No player has a clean lane right now, but Uber might just have the smartest map.
 

Final Thoughts


From Tokyo to the Middle East, from San Francisco to Miami, Uber is quietly stitching together an autonomous empire. Uber is not building the technology. It is becoming the operating system that all the technology runs on. Let the engineers build the cars and write the code. Uber will make sure that when a passenger anywhere in the world opens an app to book a robotaxi, it is Uber's app they reach for.

The robotaxi era is arriving faster than expected. The real question was never whether the cars would show up. It was always about who would be waiting to collect the fare when they did.

At the moment, it seems like Uber is going to collect all the fares.

Frequently Asked Questions

How Is Uber Winning The Self-Driving Race Without Building Its Own Cars?
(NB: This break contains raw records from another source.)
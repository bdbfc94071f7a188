ghost use Rattle.std.specs.Prelude.{◌≡◌, IfErr};
ghost use Rattle.desk_shared.specs.Passes.{Owns, version_at};
ghost use Rattle.desk_shared.specs.Windows.{window_counting, window_on};

use crate::passes::Pass;
use crate::sharing::SharedDesk;
use desk_core::{AskFault, Awaits, Commit, Counter, Question, Reading, Refusal};
use desk_report::Kinds;
use grid_cells::{Agent, Cell, OutOfMemory, Planner};
use std::marker::Model;
use std::sync::Wait;
use std::time::{Clock, Duration};

/// A shared desk, seen through the pass of one planner. A session over it is one of several that
/// share the desk. Its version is the front.
#[derive(Drop)]
pub struct Window<'a, R: Wait> {
    rt: &'a R,
    desk: &'a SharedDesk,
    pass: Pass,
}

impl<'a, R: Wait> Model for Window<'a, R> {
    ghost use Rattle.desk_shared.specs.Windows.{WindowState, window_on};

    ghost Value = { WindowState };

    ghost use Rattle.desk_shared.specs.Passes.{Owns};

    ghost view = { λ w. window_on w.desk.now w.pass };

    ghost invariant = { λ w. Owns w.desk.now w.pass };
}

impl<'a, R: Wait> Window<'a, R> {
    /// The shared desk, seen through that pass of it.
    pub fn new(rt: &'a R, desk: &'a SharedDesk, pass: Pass) -> Window<'a, R>
        requires { Owns desk.now pass }
        ensures { result ≡ window_on desk.now pass }
    {
        Window { rt, desk, pass }
    }

    /// Commits as `commit` does, and answers too the version that the desk then has.
    pub fn commit_at(&mut self, commit: Commit) -> (Result<u64, (Refusal, Commit)>, u64)
        requires planner { commit.planner ≡ self.old.pass.planner }
        ensures made { window_counting.commits self.old commit result.0 self.new }
        ensures back { IfErr result.0 (λ refused. refused.1 ≡ commit) }
        ensures at { result.1 ≡ version_at self.new.pass.start self.new.pass.made }
    {
        self.desk.commit_at(self.rt, &mut self.pass, commit)
    }

    /// The pass, which is still one of the shared desk.
    pub fn into_pass(self) -> Pass
        ensures owned { Owns self.entry.desk result }
        ensures known { result.known ≡ self.entry.pass }
    {
        let Window {
            rt: _,
            desk: _,
            pass,
        } = self;
        pass
    }
}

/// A window counts for its pass's planner. Its calls but `version` may wait.
impl<'a, R: Wait> Counter for Window<'a, R> {
    ghost use Rattle.desk_shared.specs.Windows.{window_counting};

    ghost counting = { window_counting };

    fn planner(&self) -> Planner {
        self.pass.planner()
    }

    fn version(&mut self) -> u64 {
        self.desk.front(&mut self.pass)
    }

    fn commit(&mut self, commit: Commit) -> Result<u64, (Refusal, Commit)> {
        self.desk.commit(self.rt, &mut self.pass, commit)
    }

    fn ask<Q: Question>(&mut self, question: &Q) -> Q::Answer {
        self.desk.ask(self.rt, &mut self.pass, question)
    }

    fn reading(&mut self) -> Result<Reading, OutOfMemory> {
        self.desk.reading(self.rt, &mut self.pass)
    }

    fn solves(&mut self, kinds: Kinds) -> Result<bool, OutOfMemory> {
        match self.desk.solves(self.rt, &mut self.pass, kinds) {
            Ok(answer) => Ok(answer),
            Err(refused) => Err(refused),
        }
    }

    fn distance(&mut self, agent: Agent, cell: Cell) -> Result<Option<u32>, AskFault> {
        self.desk.distance(self.rt, &mut self.pass, agent, cell)
    }
}

/// A window waits without the turn, and holds nobody up.
impl<'a, R: Wait + Clock> Awaits for Window<'a, R> {
    fn wait_above(&mut self, seen: u64, most: Duration) -> (u64, bool) {
        self.desk.wait_above(self.rt, &mut self.pass, seen, most)
    }
}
Uber's strategy is built entirely on partnerships rather than technology development. Instead of building its own autonomous vehicles or self-driving software, Uber has signed deals with over 25 AV companies across robotaxis, delivery robots, autonomous trucks, and drones, including Waymo, Rivian, Zoox, WeRide, and Volkswagen. The idea is simple: let the technology companies build the cars and write the code, while Uber owns the network and the rider relationship. When a passenger anywhere in the world books a robotaxi, Uber wants to be the platform they use.

What Is The Uber Rivian Deal And Why Does It Matter?


In March 2026, Uber announced a $300 million initial investment in Rivian as part of a deal to secure 10,000 fully autonomous R2 robotaxis exclusively for its platform, with a planned rollout in San Francisco and Miami by 2028. Uber also holds an option to order 40,000 more vehicles from 2030, taking the total potential deal value to $1.25 billion. The deal is significant because it is the first time Uber has partnered with a company that is both building the vehicle and developing the self-driving system, making Rivian's execution risk considerably higher than any previous Uber AV deal.

Who Are Uber's Biggest Competitors In The Robotaxi Space?


Uber's two most significant competitors are Waymo and Tesla. Waymo, backed by Google's parent company Alphabet, is currently the most advanced robotaxi operator in the world, providing over 400,000 paid rides per week across multiple US cities. Interestingly, Uber both partners with Waymo in Austin and Atlanta and competes with it directly in San Francisco. Tesla, meanwhile, launched a limited robotaxi service in Austin in 2025, but its Full Self-Driving software is currently under the US federal government's highest level of scrutiny. The robotaxi battlefield is complicated; alliances and rivalries often exist between the same players at the same time.